───── Data to examine

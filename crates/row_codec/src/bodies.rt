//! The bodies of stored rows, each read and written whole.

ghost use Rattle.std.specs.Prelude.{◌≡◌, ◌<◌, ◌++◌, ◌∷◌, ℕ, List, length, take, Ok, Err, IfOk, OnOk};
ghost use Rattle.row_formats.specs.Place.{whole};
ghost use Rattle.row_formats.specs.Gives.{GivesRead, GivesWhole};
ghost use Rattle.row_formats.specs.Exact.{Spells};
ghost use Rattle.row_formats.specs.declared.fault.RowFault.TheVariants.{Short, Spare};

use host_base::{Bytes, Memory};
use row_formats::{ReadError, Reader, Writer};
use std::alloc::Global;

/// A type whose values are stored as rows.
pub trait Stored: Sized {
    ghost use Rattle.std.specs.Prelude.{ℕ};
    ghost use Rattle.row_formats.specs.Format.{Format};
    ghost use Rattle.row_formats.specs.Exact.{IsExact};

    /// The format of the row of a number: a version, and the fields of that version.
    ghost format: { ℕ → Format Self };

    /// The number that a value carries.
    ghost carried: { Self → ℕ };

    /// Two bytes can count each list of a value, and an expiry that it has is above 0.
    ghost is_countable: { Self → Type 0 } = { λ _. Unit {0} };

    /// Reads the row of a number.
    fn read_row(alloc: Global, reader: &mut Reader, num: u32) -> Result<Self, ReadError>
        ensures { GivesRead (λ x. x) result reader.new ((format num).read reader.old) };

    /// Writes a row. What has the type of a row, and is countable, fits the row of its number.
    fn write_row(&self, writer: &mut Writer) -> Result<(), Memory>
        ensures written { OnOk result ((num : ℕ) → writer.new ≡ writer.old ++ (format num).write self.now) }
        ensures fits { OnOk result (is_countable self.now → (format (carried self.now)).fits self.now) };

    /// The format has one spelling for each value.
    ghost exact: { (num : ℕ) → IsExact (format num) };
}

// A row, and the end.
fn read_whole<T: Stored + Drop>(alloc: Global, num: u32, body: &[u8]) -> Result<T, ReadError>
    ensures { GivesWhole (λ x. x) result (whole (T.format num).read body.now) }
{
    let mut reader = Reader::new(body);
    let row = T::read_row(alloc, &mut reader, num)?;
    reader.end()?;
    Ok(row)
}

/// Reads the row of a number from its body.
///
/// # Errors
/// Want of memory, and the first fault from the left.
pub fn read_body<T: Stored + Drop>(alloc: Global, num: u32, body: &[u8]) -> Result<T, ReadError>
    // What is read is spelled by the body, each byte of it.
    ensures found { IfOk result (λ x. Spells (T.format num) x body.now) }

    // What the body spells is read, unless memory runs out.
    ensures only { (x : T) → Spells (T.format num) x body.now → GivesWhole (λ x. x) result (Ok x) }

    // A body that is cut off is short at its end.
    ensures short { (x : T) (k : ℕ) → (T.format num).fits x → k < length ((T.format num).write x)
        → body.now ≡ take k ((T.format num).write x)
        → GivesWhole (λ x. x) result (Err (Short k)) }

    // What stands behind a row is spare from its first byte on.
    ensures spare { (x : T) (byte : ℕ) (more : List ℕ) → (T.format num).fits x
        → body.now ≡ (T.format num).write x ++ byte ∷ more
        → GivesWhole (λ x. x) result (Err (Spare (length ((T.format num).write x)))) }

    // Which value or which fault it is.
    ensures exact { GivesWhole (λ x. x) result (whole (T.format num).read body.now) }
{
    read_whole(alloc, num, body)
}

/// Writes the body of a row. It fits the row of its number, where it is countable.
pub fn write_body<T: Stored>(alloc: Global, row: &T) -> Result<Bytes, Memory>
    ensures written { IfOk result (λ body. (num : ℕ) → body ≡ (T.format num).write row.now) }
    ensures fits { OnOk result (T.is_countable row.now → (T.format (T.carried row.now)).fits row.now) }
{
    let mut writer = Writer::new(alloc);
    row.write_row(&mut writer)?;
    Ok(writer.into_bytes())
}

──────────

Your answer should be a single number: the count of lines above with the word "Reads".

Output for this exercise — 2